Et les équipements sociaux de ce projet immobilier ne sont même pas assumés par le diocèse puisque la halte garderie et le centre social sont financés par les deniers publics, soit près de 5 millions, répartis entre la Ville de Paris, la Préfecture de Paris, et la Caisse d'allocations familiales.

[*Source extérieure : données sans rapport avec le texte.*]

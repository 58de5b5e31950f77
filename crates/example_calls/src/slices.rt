//! Slices, as Python's `slice`.
use crate::telling::{equal, same};
use pybuf::{Fault, PySlice, SaturatedSlice, SliceableSequenceMutOp, SliceableSequenceOp};
use std::test::Fail;

#[test]
fn a_list_is_read_and_edited_by_a_slice(rt: HostRuntime) -> Result<(), Fail> {
    let alloc = rt.alloc();
    let backwards = PySlice::new(Some(-1), None, Some(-2));
    let slice = SaturatedSlice::with_slice(&backwards)?;
    let indices: Vec<usize> = slice.iter(6).collect(alloc)?;
    assert!(rt; indices.as_slice() == [5, 3, 1].as_slice());
    let mut letters = Vec::from_slice(alloc, b"abcdef")?;
    let taken = letters.getitem_by_slice(alloc, slice)?;
    same(&rt, taken.as_slice(), b"fdb");
    letters.delitem_by_slice(slice);
    same(&rt, letters.as_slice(), b"ace");
    let no_step = PySlice::new(None, None, Some(0));
    let refused = SaturatedSlice::with_slice(&no_step).err();
    equal(&rt, refused, Some(Fault::Value));
    Ok(())
}
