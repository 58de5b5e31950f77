//! `PyArray`: numbers of one size, as Python's `array`.
use crate::telling::{equal, refuses};
use pybuf::{Fault, Halt, PySlice};
use pybuf_array::{ArrayCode, PyArray};
use std::process::Abort;
use std::test::Fail;

/// Shares numbers with a slice of a view, and adds and takes others.
fn share_numbers<R: Abort>(rt: &R, array: &mut PyArray) -> Result<(), Halt> {
    array.extend(&[1, -2, 3])?;
    let all = array.view()?;
    let last = array.vslice(all, &PySlice::from(1..))?;
    array.vset(last, 0, 20)?;
    equal(rt, array.get(1)?, 20);
    refuses(rt, array.append(4), Fault::Buffer);
    array.release(all)?;
    array.release(last)?;
    refuses(rt, array.append(40_000), Fault::Overflow);
    equal(rt, array.pop(None)?, 3);
    Ok(())
}

#[test]
fn a_slice_shares_the_numbers_of_an_array(rt: HostRuntime) -> Result<(), Fail> {
    let mut array = PyArray::new(rt.alloc(), ArrayCode::Short);
    share_numbers(&rt, &mut array)?;
    assert!(rt; array.numbers()?.as_slice() == [1, 20].as_slice());
    Ok(())
}
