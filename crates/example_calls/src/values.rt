//! The values and the loans that the examples give to commands.
ghost use Rattle.std.specs.Prelude.{◌≡◌, []};

use pybuf::{LoanList, Made, PySlice, Scalar, Value};
use std::alloc::Global;

/// No loans, which every call takes.
pub(crate) fn none(alloc: Global) -> LoanList
    ensures { result ≡ [] }
{
    LoanList::new(alloc)
}

/// A whole number as a value.
pub(crate) fn int(number: i128) -> Value {
    Value::One(Scalar::Int(number))
}

/// Bytes as a value.
pub(crate) fn bytes(alloc: Global, bytes: &[u8]) -> Made<Value> {
    Value::bytes(alloc, bytes)
}

/// A text as a value.
pub(crate) fn text(alloc: Global, text: &str) -> Made<Value> {
    Value::text(alloc, text)
}

/// The slice `start:stop` as a value.
pub(crate) fn part(start: i128, stop: i128) -> Value {
    Value::Slice(PySlice {
        start: Scalar::Int(start),
        stop: Scalar::Int(stop),
        step: Scalar::None,
    })
}

/// The slice `::step` as a value.
pub(crate) fn every(step: i128) -> Value {
    Value::Slice(PySlice {
        start: Scalar::None,
        stop: Scalar::None,
        step: Scalar::Int(step),
    })
}
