//! `PyBytes`, as Python's `bytes`.
use crate::telling::{Told, equal, gives, tells};
use crate::values::{bytes, int, none, part};
use pybuf::{CompareOp, Fault, PyBytes};
use std::test::Fail;

#[test]
fn bytes_are_read_and_compared(rt: HostRuntime) -> Result<(), Fail> {
    let alloc = rt.alloc();
    let other = bytes(alloc, b"its")?;
    let mut object = PyBytes::new_ref(alloc, Vec::from_slice(alloc, b"it's")?);
    equal(&rt, object.len(), 4);
    tells(&rt, object.getitem(int(-1), none(alloc)), Told::Number(115));
    gives(&rt, object.getitem(part(1, 3), none(alloc)), b"t'");
    let refused = object.getitem(int(4), none(alloc));
    tells(&rt, refused, Told::Refused(Fault::Index));
    let less = object.cmp(CompareOp::Lt, other, none(alloc));
    tells(&rt, less, Told::Truth(true));
    gives(&rt, object.repr_str(none(alloc)), b"b\"it's\"");
    gives(&rt, object.hash(none(alloc)), b"it's");
    Ok(())
}
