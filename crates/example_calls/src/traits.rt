//! The traits of Rust that bytes and bytearrays have.
use crate::telling::{Told, same, tells};
use crate::values::none;
use pybuf::{PyByteArray, PyBytes};
use std::io::{ErrorKind, Read, Write};
use std::test::Fail;

#[test]
fn a_bytearray_is_a_queue(rt: HostRuntime) -> Result<(), Fail> {
    let mut queue = PyByteArray::new(rt.alloc());
    queue.write_all(b"abcd")?;
    let mut first = [0u8; 2];
    queue.read_exact(&mut first)?;
    same(&rt, &first, b"ab");
    tells(&rt, queue.as_buffer(none(rt.alloc())), Told::View(0));
    let lent = Err(ErrorKind::ResourceBusy);
    assert!(rt; queue.write(b"e").map_err(|error| error.kind()) == lent);
    same(&rt, queue.as_slice(), b"cd");
    Ok(())
}

#[test]
fn bytes_are_a_slice(rt: HostRuntime) -> Result<(), Fail> {
    let object = PyBytes::from(Vec::from_slice(rt.alloc(), b"adcb")?);
    assert!(rt; object[1] == b'd');
    same(&rt, &object[1..3], b"dc");
    Ok(())
}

Aujourd'hui, ce quartier est bouleversé par de nombreuses opérations de construction publiques et privées qui arrivent à terme. C'est près de 500 nouveaux logements qui vont être très prochainement livrés dans ce quartier, soit plus de 1.500 nouveaux habitants, dans un périmètre d'à peine 300 mètres de rayon.
Et une fois de plus, rien n'a été programmé en matière d'équipements et espaces verts publics pour anticiper et accompagner cette densification. Un profond déséquilibre en résultera, source de tensions prévisibles.
" Onze de Pique " et la mairie du 11e vous ont expressément demandé un audit des besoins en équipements publics, mais vous faites la sourde oreille, alors même que la Caisse d'Allocations familiales, ainsi que vous le signalez fort judicieusement dans l'exposé des motifs, a réalisé en 1993 une étude sur les problèmes sociaux de ce quartier qui conforte le diagnostic de " Onze de Pique ".
Dans ce quartier, l'opération de l'O.P.A.C dite " Basfroi Dallery " sur près d'1 hectare, construit à elle seule près de 250 logements sans le moindre équipement public. Le Tribunal administratif de Paris a d'ailleurs annulé le permis de construire. Un rééquilibrage du projet s'impose.
Sous la pression, vous avez laborieusement accordé 1.000 mètres carrés de jardin public. Mais cela ne répond pas à la demande. Poursuivez votre effort en aménageant ce jardin, sur la totalité des 1.600 mètres carrés de la dernière parcelle disponible au 90, rue de la Roquette, ainsi que les riverains et " Onze de Pique " vous le réclament depuis des mois.
Programmez aussi un jardin au 1-3, passage des Taillandiers, dans le même secteur.
Le quartier Roquette est au coeur du Faubourg Saint-Antoine où vous avez engagé un Plan de protection et de Mise en valeur qui se veut l'emblème d'un urbanisme à visage humain. Faute de tels équipements de proximité, ce quartier court le risque d'un véritable échec social et urbain.
Monsieur le Maire, soyez plus attentif au quartier Roquette et saisissez l'opportunité de la modification du P.O.S. pour instaurer de nouvelles réserves pour espaces verts et pour équipements publics afin que ce quartier puisse enfin envisager l'avenir avec sérénité.
M. CHÉRIOUX, président. - La parole est à M. LAFAY.
M. Philippe LAFAY, vice-président, au nom de la 5e Commission. - Monsieur BLET, vous vous trompez de débat. En tant que rapporteur au nom de la 5e Commission, j'ai à rapporter ce projet de délibération relatif à une subvention concernant un centre social et une halte-garderie. Nous avons approuvé ce projet de délibération à l'unanimité en 5e Commission, y compris avec vos amis.
Vous posez en l'occurence le problème de la promotion immobilière engagée par le Clergé.
Je me permettrai de dire que nous ne sommes pas concernés par cette promotion immobilière. Une réponse devrait vous être apportée d'ordre purement urbanistique et je ne suis pas à même en cette Assemblée de vous répondre sur un projet immobilier du Clergé en matière urbanistique.
M. CHÉRIOUX, président. - Je vous remercie.
Je vais mettre aux voix, à main levée, le projet de délibération ASES 50 G.
Qui est pour ?
Contre ?
Abstentions ?
Le projet de délibération est adopté à la majorité, MM. DUMAIT et REVEAU ayant voté contre. (1997, ASES 50 G).